__Your instructions__: Counting the line with "packages with which" as the last one, copy out the lines of the data exactly from the first onward.

__Exercise material__:
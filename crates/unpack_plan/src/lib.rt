//! What an unpack is going to do, told before anything is done and without the host: the rows of
//! its calls, what is written and listed, which old paths go, and the record that it ends with
//! (Policy 6.6).
//!
//! # What is proved
//!
//! `plan_of`, what an unpack is going to do, each part by its definition over the tree, records,
//! lists and diversions (`IsPlanned`): rows, works, the three lists, old paths that go, names that
//! are cleared, control files, and the record of the unpacked package; and the packages with which
//! no path clashes: those of which only conffiles are left, and those that are given (`yields`). Where one of these records a
//! digest of a conffile's place, and the package has no entry of it, that digest counts as recorded
//! (Policy 10.7.4, `IsFresh`). `plan_again` plans the files of a tree by another table of diversions:
//! what it gives is that part of a plan by that table, the records and rows of which stay.
#![tactic(auto)]

mod again;
mod calls;
mod conffile_paths;
mod contents;
mod digests;
mod files;
mod lists;
mod members;
mod names;
mod others;
mod plan;
mod records;
mod rows;
mod texts_of;
mod works;
mod yielded;

pub use again::{PlannedFiles, plan_again};
pub use others::Others;
pub use plan::{Plan, PlannedCommit, plan_of};
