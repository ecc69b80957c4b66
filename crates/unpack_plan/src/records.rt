// The records of the package beside an unpack.
ghost use Rattle.std.specs.Prelude.{◌≡◌, IfOk};
ghost use Rattle.std.specs.BTreeSet.{contains_text};
ghost use Rattle.std.specs.Option.{option_copied};
ghost use Rattle.status_records.specs.Conffiles.{committed_entries as committed};
ghost use Rattle.unpack_plan.specs.Records.{entries_of, IsFresh, IsIncoming};
ghost use Rattle.unpack_plan.specs.Yielded.{counted_entries};

use crate::digests::digests_of;
use crate::texts_of::shipped_texts;
use crate::yielded::{Yielding, counted_entries};
use host_core::ShipPath;
use package_tree::Package;
use status_records::{
    ConffileEntries, Flag, PendingDigests, Record, Ships, State, committed_entries,
};
use std::alloc::{AllocError, Global};
use std::collections::BTreeSet;

// The texts of the paths that a package ships.
#[derive(Drop)]
struct ShippedPaths {
    texts: BTreeSet<String>,
}

impl Ships for ShippedPaths {
    ghost shipped = { λ s. contains_text s.texts };

    fn ships(&self, path: &ShipPath) -> bool {
        self.texts.contains(path.as_str())
    }
}

// The record of a package as its tree tells of it: unpacked, wanted installed, without conffiles.
fn incoming_record(alloc: Global, tree: &Package) -> Result<Record, AllocError>
    ensures { IfOk result (IsIncoming tree.now) }
{
    let record = Record::of_package(
        alloc,
        &tree.name,
        &tree.version,
        &tree.control,
        Flag::Ok,
        State::Unpacked,
    )?;
    Ok(record)
}

// The entries that a record has; none where there is no record.
fn entries_of(alloc: Global, found: Option<&Record>) -> Result<ConffileEntries, AllocError>
    ensures { IfOk result (λ entries. entries ≡ entries_of (option_copied found.entry)) }
{
    match found {
        Some(found) => found.conffiles.copy(),
        None => Ok(ConffileEntries::new(alloc)),
    }
}

// The conffiles of the record to come.
fn entries_after(
    alloc: Global,
    found: Option<&Record>,
    giving: &Yielding,
    digests: &PendingDigests,
    flagged: &[ShipPath],
    ships: &ShippedPaths,
) -> Result<ConffileEntries, AllocError>
    ensures { IfOk result (λ entries. entries
        ≡ committed
        (counted_entries giving.now (entries_of (option_copied found.entry)) digests.now)
        digests.now flagged.now (contains_text ships.now.texts)) }
{
    let recorded = entries_of(alloc, found)?;
    let counted = counted_entries(giving, recorded, digests)?;
    let entries = committed_entries(alloc, &counted, digests, flagged, ships)?;
    Ok(entries)
}

// The record of the unpacked package.
fn fresh_record(
    alloc: Global,
    tree: &Package,
    found: Option<&Record>,
    giving: &Yielding,
) -> Result<Record, AllocError>
    ensures { IfOk result (IsFresh giving.now tree.now (option_copied found.entry)) }
{
    tree.files.law();
    let files = tree.files.as_slice();
    let ships = ShippedPaths {
        texts: shipped_texts(alloc, files)?,
    };
    let digests = digests_of(alloc, files, tree.conffiles.as_slice())?;
    let entries = entries_after(
        alloc,
        found,
        giving,
        &digests,
        tree.flagged.as_slice(),
        &ships,
    )?;
    let record = Record::unpacked(
        alloc,
        &tree.name,
        &tree.version,
        &tree.control,
        found,
        entries,
        digests,
    )?;
    Ok(record)
}

// An equal record, where there is one.
fn copied(found: Option<&Record>) -> Result<Option<Record>, AllocError>
    ensures { IfOk result (λ copy. copy ≡ option_copied found.entry) }
{
    match found {
        Some(found) => Ok(Some(found.copy()?)),
        None => Ok(None),
    }
}

/// The record found, the one noted where none was, and the one noted last.
#[derive(Drop)]
pub(crate) struct OwnRecords {
    pub(crate) found: Option<Record>,
    pub(crate) incoming: Record,
    pub(crate) fresh: Record,
}

/// Those of an unpack of this tree, to which these packages yield.
pub(crate) fn own_records(
    alloc: Global,
    tree: &Package,
    found: Option<&Record>,
    giving: &Yielding,
) -> Result<OwnRecords, AllocError>
    ensures found { IfOk result (λ r. r.found ≡ option_copied found.entry) }
    ensures incoming { IfOk result (λ r. IsIncoming tree.now r.incoming) }
    ensures fresh { IfOk result (λ r. IsFresh giving.now tree.now (option_copied found.entry)
        r.fresh) }
{
    let incoming = incoming_record(alloc, tree)?;
    let fresh = fresh_record(alloc, tree, found, giving)?;
    let found = copied(found)?;
    Ok(OwnRecords {
        found,
        incoming,
        fresh,
    })
}
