// The rows of an unpack, with those of other packages among them.
ghost use Rattle.std.specs.Prelude.{◌≡◌, IfOk};
ghost use Rattle.std.specs.Option.{option_copied};
ghost use Rattle.unpack_plan.specs.Members.{scripts_in};
ghost use Rattle.unpack_rows.specs.ForwardRows.{others_rows, records_of, rows_of as forward_rows};
ghost use Rattle.unpack_rows.specs.Kinds.{kinds_of as row_kinds};

use administration::Scripts;
use status_records::Record;
use std::alloc::{AllocError, Global};
use undo_rows::Row;
use unpack_rows::{OtherPackage, Present, RowKind, kinds_of, rows_of};

fn scripts_in(scripts: &Scripts) -> Present
    ensures { result ≡ scripts_in scripts.now }
{
    Present {
        preinst: scripts.preinst.is_some(),
        postinst: scripts.postinst.is_some(),
        prerm: scripts.prerm.is_some(),
        postrm: scripts.postrm.is_some(),
    }
}

// Copies of the records of other packages.
fn records_of(alloc: Global, others: &[OtherPackage]) -> Result<Vec<Record>, AllocError>
    ensures { IfOk result (λ records. records.items ≡ records_of others.now) }
{
    let mut records = Vec::new(alloc);
    for other in others {
        records.push(other.record.copy()?)?;
    }
    Ok(records)
}

/// Rows with their kinds, and the records of the other packages that have some.
#[derive(Drop)]
pub(crate) struct OwnRows {
    pub(crate) rows: Vec<Row>,
    pub(crate) kinds: Vec<RowKind>,
    pub(crate) others: Vec<Record>,
}

/// Those of an unpack of a tree with these scripts, beside which these other packages have rows.
pub(crate) fn own_rows(
    alloc: Global,
    found: Option<&Record>,
    incoming: &Record,
    stored: Present,
    scripts: &Scripts,
    others: Vec<OtherPackage>,
) -> Result<OwnRows, AllocError>
    ensures rows { IfOk result (λ r. r.rows.items
        ≡ forward_rows (option_copied found.entry) incoming.now stored (scripts_in scripts.now)
        (others_rows others.items)) }
    ensures kinds { IfOk result (λ r. r.kinds.items
        ≡ row_kinds (option_copied found.entry) (records_of others.items)) }
    ensures others { IfOk result (λ r. r.others.items ≡ records_of others.items) }
{
    let kinds = kinds_of(alloc, found, others.as_slice())?;
    let records = records_of(alloc, others.as_slice())?;
    let rows = rows_of(alloc, found, incoming, stored, scripts_in(scripts), others)?;
    Ok(OwnRows {
        rows,
        kinds,
        others: records,
    })
}
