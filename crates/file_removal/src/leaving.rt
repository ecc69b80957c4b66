// A listed path of a package whose files are taken away.
use host_core::RootPath;

/// The place at which a listed path's node stands, and whether it may go: the caller has asked the
/// other packages' lists, the conffiles and the administration.
#[derive(Drop)]
pub struct Leaving {
    pub place: RootPath,
    pub goes: bool,
}
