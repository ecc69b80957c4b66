// What of a tree is written and kept, and which names are cleared.
ghost use Rattle.std.specs.Prelude.{◌≡◌, IfOk};
ghost use Rattle.std.specs.Option.{option_copied};
ghost use Rattle.file_check.specs.Ready.{IsFitting};
ghost use Rattle.file_check.specs.Ships.{shipped_works};
ghost use Rattle.package_files.specs.Files.{Each};
ghost use Rattle.package_files.specs.Names.{IsNamed};
ghost use Rattle.listed_files.specs.Concluding.{AreElsewhere};
ghost use Rattle.unpack_plan.specs.Members.{AreMembersOf};
ghost use Rattle.unpack_plan.specs.Names.{cleared_names as names_cleared};
ghost use Rattle.unpack_plan.specs.Planned.{pairs_of};

use crate::members::own_members;
use crate::names::cleared_names;
use crate::works::own_works;
use control_members::Members;
use diversions::Diversions;
use file_removal::Leaving;
use host_core::RootPath;
use package_files::Work;
use package_tree::Package;
use status_records::Record;
use std::alloc::{AllocError, Global};

/// The works, the control files, and names that only the installer writes.
#[derive(Drop)]
pub(crate) struct Contents {
    pub(crate) works: Vec<Work>,
    pub(crate) names: Vec<RootPath>,
    pub(crate) members: Members,
}

/// Those of a tree, which is used up.
pub(crate) fn contents_of(
    alloc: Global,
    diversions: &Diversions,
    tree: Package,
    found: Option<&Record>,
    leaving: &[Leaving],
) -> Result<Contents, AllocError>
    ensures works { IfOk result (λ c. c.works.items
        ≡ shipped_works diversions.now.ways tree.name tree.conffiles (pairs_of tree.files)) }
    ensures named { IfOk result (λ c. Each IsNamed c.works.items) }
    ensures fitting { IfOk result (λ c. Each IsFitting c.works.items) }
    ensures names { IfOk result (λ c. c.names.items
        ≡ names_cleared diversions.now.ways tree.name (option_copied found.entry) tree.conffiles
        c.works.items leaving.now) }
    ensures elsewhere { IfOk result (λ c. AreElsewhere c.names.items) }
    ensures members { IfOk result (λ c. AreMembersOf tree.scripts tree.others c.members) }
{
    let name = tree.name;
    let conffiles = tree.conffiles;
    let works = own_works(alloc, &name, diversions, tree.files, &conffiles)?;
    let kept = conffiles.as_slice();
    let names = cleared_names(
        alloc,
        diversions,
        &name,
        found,
        kept,
        works.as_slice(),
        leaving,
    )?;
    let members = own_members(alloc, tree.scripts, tree.others)?;
    Ok(Contents {
        works,
        names,
        members,
    })
}
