// What an unpack is going to do.
ghost use Rattle.std.specs.Prelude.{◌≡◌, ◌++◌, IfOk};
ghost use Rattle.unpack_commit.specs.Takeover.{yields_of};
ghost use Rattle.unpack_plan.specs.Planned.{planned, IsPlanned};

use crate::calls::{OwnCalls, own_calls};
use crate::files::{OwnFiles, own_files};
use crate::others::Others;
use control_members::Members;
use diversions::Diversions;
use file_lists::{FileLists, Paths};
use file_removal::Leaving;
use host_core::RootPath;
use package_files::Work;
use package_tree::Package;
use status_db::NotedDatabase;
use status_records::Record;
use std::alloc::{AllocError, Global};
use undo_rows::Row;
use unpack_rows::Present;
use unpack_steps::Rows;

/// What is done once all rows have succeeded, and the control files that lie in `tmp.ci` until the
/// end.
#[derive(Drop)]
pub struct PlannedCommit {
    /// The record of the unpacked package.
    pub fresh: Record,
    pub new_list: Paths,
    /// The old paths, and which of them go.
    pub leaving: Vec<Leaving>,
    /// Names that only the installer writes, at which nothing is to be left.
    pub names: Vec<RootPath>,
    /// The control files of the tree.
    pub members: Members,
}

/// What an unpack is going to do, by the parts in which it is carried out.
#[derive(Drop)]
pub struct Plan {
    pub rows: Rows,
    /// What is shipped, in path order.
    pub works: Vec<Work>,
    /// The calls of the rows.
    pub calls: Vec<Row>,
    pub commit: PlannedCommit,
}

// The plan of these parts.
fn plan_from(calls: OwnCalls, files: OwnFiles) -> Plan
    ensures planned { planned result ≡ record {
      found = calls.records.found;
      incoming = calls.records.incoming;
      fresh = calls.records.fresh;
      rows = calls.rows.rows.items;
      kinds = calls.rows.kinds.items;
      others = calls.rows.others.items;
      works = files.contents.works.items;
      listed = files.changes.listed;
      union = files.changes.union;
      new_list = files.changes.new_list;
      leaving = files.changes.leaving.items;
      names = files.contents.names.items;
      members = files.contents.members;
    } }
    ensures yields { result.rows.yields ≡ calls.yields }
{
    let OwnCalls {
        records,
        rows,
        yields,
    } = calls;
    let OwnFiles { changes, contents } = files;
    Plan {
        rows: Rows {
            found: records.found,
            incoming: records.incoming,
            kinds: rows.kinds,
            others: rows.others,
            yields,
            listed: changes.listed,
            union: changes.union,
        },
        works: contents.works,
        calls: rows.rows,
        commit: PlannedCommit {
            fresh: records.fresh,
            new_list: changes.new_list,
            leaving: changes.leaving,
            names: contents.names,
            members: contents.members,
        },
    }
}

/// What an unpack of a tree is going to do, by the records, the lists and the diversions; `stored`
/// are the scripts of the old version, `others` the packages that have rows beside it or yield to
/// it. The tree is used up, and none of its files is copied. Where the package lists many paths,
/// the lists' index is to be built before.
pub fn plan_of(
    alloc: Global,
    incoming: Package,
    database: &NotedDatabase,
    lists: &FileLists,
    diversions: &Diversions,
    stored: Present,
    others: Others,
) -> Result<Plan, AllocError>
    ensures planned { IfOk result (λ p. IsPlanned
        (record {
          «package» = incoming;
          records = database.now.records;
          lists = lists.now.lists;
          begun = diversions.now.ways;
          ways = diversions.now.ways;
          stored = stored;
          others = others.packages.items;
          yields = others.yields;
        })
        (planned p)) }
    ensures yields { IfOk result (λ p. p.rows.yields
        ≡ yields_of database.now.records ++ others.yields) }
{
    let found = database.get(&incoming.name);
    let calls = own_calls(
        alloc, &incoming, database, diversions, found, stored, others,
    )?;
    let fresh = &calls.records.fresh;
    let files = own_files(alloc, lists, diversions, incoming, found, fresh)?;
    Ok(plan_from(calls, files))
}
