// Names that only the installer writes are cleared.
ghost use Rattle.std.specs.Prelude.{◌≡◌, [], ◌∷◌, Err};
ghost use Rattle.host_core.specs.Host.{AtEachMoment, Counts, Leaves, Needs, Silent, WasDenied};
ghost use Rattle.host_core.specs.World.{IsLoose};
ghost use Rattle.host_core.specs.declared.fault.HostFault.TheVariants.{Declined};
ghost use Rattle.file_removal.specs.Lowering.{TookLowered};
ghost use Rattle.file_removal.specs.Clearing.{Cleared, IsClearing, IsRetiring};

use administration::{Standing, look};
use host_core::{Host, HostFault, RootPath};

/// Removes the file or link at a name; a directory stays.
pub fn clear_name<H: Host>(host: &mut H, path: &RootPath) -> Result<(), HostFault>
    ensures cleared { Leaves result (Cleared (path.now ∷ [])) (H.state host.old)
        (H.state host.new) }
    ensures any_moment { AtEachMoment (IsClearing (path.now ∷ [])) (H.state host.old)
        (H.state host.new) }
    ensures silent { Silent (H.state host.old) (H.state host.new) }
    ensures counts { Counts (H.state host.old) (H.state host.new) result }
{
    match look(host, path)? {
        Standing::Nothing => Ok(()),
        Standing::Loose => host.remove(path),
        Standing::Directory => Ok(()),
    }
}

/// Removes the files and links at these names: reserved names of a removal, side names of a purge.
/// They keep their access until they go, since one of them may be another name of a file that
/// stays.
pub fn clear_names<H: Host>(host: &mut H, names: &[RootPath]) -> Result<(), HostFault>
    ensures cleared { Leaves result (Cleared names.now) (H.state host.old) (H.state host.new) }
    ensures any_moment { AtEachMoment (IsClearing names.now) (H.state host.old) (H.state host.new) }
    ensures silent { Silent (H.state host.old) (H.state host.new) }
    ensures counts { Counts (H.state host.old) (H.state host.new) result }
{
    for name in names {
        clear_name(host, name)?;
    }
    Ok(())
}

/// Takes a file's rights that it lends (set-id bits), and then the file or link away.
pub(crate) fn retire<H: Host>(host: &mut H, path: &RootPath) -> Result<(), HostFault>
    requires there { Needs (H.state host.old) (λ w. IsLoose (w path.now)) }
    ensures retired { Leaves result (Cleared (path.now ∷ [])) (H.state host.old)
        (H.state host.new) }
    ensures declined { result ≡ Err Declined → WasDenied (H.state host.old) (H.state host.new)
        path.now }
    ensures any_moment { AtEachMoment (IsRetiring (path.now ∷ [])) (H.state host.old)
        (H.state host.new) }
    ensures lowered { TookLowered (H.state host.old) (H.state host.new) }
    ensures silent { Silent (H.state host.old) (H.state host.new) }
    ensures counts { Counts (H.state host.old) (H.state host.new) result }
{
    host.lower(path)?;
    host.remove(path)
}

fn retire_name<H: Host>(host: &mut H, path: &RootPath) -> Result<(), HostFault>
    ensures cleared { Leaves result (Cleared (path.now ∷ [])) (H.state host.old)
        (H.state host.new) }
    ensures any_moment { AtEachMoment (IsRetiring (path.now ∷ [])) (H.state host.old)
        (H.state host.new) }
    ensures lowered { TookLowered (H.state host.old) (H.state host.new) }
    ensures silent { Silent (H.state host.old) (H.state host.new) }
    ensures counts { Counts (H.state host.old) (H.state host.new) result }
{
    match look(host, path)? {
        Standing::Nothing => Ok(()),
        Standing::Loose => retire(host, path),
        Standing::Directory => Ok(()),
    }
}

/// Removes the files and links at these names, backups and new versions of conffiles that are
/// shipped no more. No other name of such a file that somebody made lends rights any more.
pub fn retire_names<H: Host>(host: &mut H, names: &[RootPath]) -> Result<(), HostFault>
    ensures cleared { Leaves result (Cleared names.now) (H.state host.old) (H.state host.new) }
    ensures any_moment { AtEachMoment (IsRetiring names.now) (H.state host.old) (H.state host.new) }
    ensures lowered { TookLowered (H.state host.old) (H.state host.new) }
    ensures silent { Silent (H.state host.old) (H.state host.new) }
    ensures counts { Counts (H.state host.old) (H.state host.new) result }
{
    for name in names {
        retire_name(host, name)?;
    }
    Ok(())
}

__The completed task__:
filename crates/unpack_plan/src/lib.rt
//! What an unpack is going to do, told before anything is done and without the host: the rows of
//! its calls, what is written and listed, which old paths go, and the record that it ends with
//! (Policy 6.6).
//!
//! # What is proved
//!
//! `plan_of`, what an unpack is going to do, each part by its definition over the tree, records,
//! lists and diversions (`IsPlanned`): rows, works, the three lists, old paths that go, names that
//! are cleared, control files, and the record of the unpacked package; and the packages with which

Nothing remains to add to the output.